Problem — Return the entries below exactly as written.

(Beginning of Source data)

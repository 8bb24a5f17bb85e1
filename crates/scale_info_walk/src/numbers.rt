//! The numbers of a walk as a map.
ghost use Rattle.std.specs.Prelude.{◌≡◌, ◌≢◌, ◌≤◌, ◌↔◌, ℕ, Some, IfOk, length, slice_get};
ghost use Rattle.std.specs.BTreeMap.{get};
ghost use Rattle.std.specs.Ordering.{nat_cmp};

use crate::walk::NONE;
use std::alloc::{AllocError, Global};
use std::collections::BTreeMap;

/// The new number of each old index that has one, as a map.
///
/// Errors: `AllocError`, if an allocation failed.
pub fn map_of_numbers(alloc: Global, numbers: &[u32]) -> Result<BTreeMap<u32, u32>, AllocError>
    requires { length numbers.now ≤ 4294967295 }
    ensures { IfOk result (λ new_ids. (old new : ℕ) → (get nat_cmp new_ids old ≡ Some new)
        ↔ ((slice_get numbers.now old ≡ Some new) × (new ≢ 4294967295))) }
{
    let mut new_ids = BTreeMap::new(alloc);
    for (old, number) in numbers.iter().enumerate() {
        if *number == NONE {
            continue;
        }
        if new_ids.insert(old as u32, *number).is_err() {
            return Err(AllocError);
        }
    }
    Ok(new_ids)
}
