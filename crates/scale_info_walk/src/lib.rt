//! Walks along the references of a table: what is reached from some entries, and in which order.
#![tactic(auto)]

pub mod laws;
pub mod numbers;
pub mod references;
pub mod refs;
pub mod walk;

(End of Source data)

Completed task —
repository 8bb24a5f17bb85e1
filename crates/scale_info_walk/src/numbers.rt
//! The numbers of a walk as a map.
ghost use Rattle.std.specs.Prelude.{◌≡◌, ◌≢◌, ◌≤◌, ◌↔◌, ℕ, Some, IfOk, length, slice_get};
ghost use Rattle.std.specs.BTreeMap.{get};
ghost use Rattle.std.specs.Ordering.{nat_cmp};

use crate::walk::NONE;
use std::alloc::{AllocError, Global};
use std::collections::BTreeMap;

/// The new number of each old index that has one, as a map.
///
/// Errors: `AllocError`, if an allocation failed.
pub fn map_of_numbers(alloc: Global, numbers: &[u32]) -> Result<BTreeMap<u32, u32>, AllocError>
    requires { length numbers.now ≤ 4294967295 }
    ensures { IfOk result (λ new_ids. (old new : ℕ) → (get nat_cmp new_ids old ≡ Some new)
        ↔ ((slice_get numbers.now old ≡ Some new) × (new ≢ 4294967295))) }
{
    let mut new_ids = BTreeMap::new(alloc);
    for (old, number) in numbers.iter().enumerate() {
        if *number == NONE {
            continue;
        }
        if new_ids.insert(old as u32, *number).is_err() {
            return Err(AllocError);
        }
    }
    Ok(new_ids)
}
filename crates/scale_info_walk/src/lib.rt
//! Walks along the references of a table: what is reached from some entries, and in which order.
#![tactic(auto)]

pub mod laws;
pub mod numbers;
pub mod references;
pub mod refs;
pub mod walk;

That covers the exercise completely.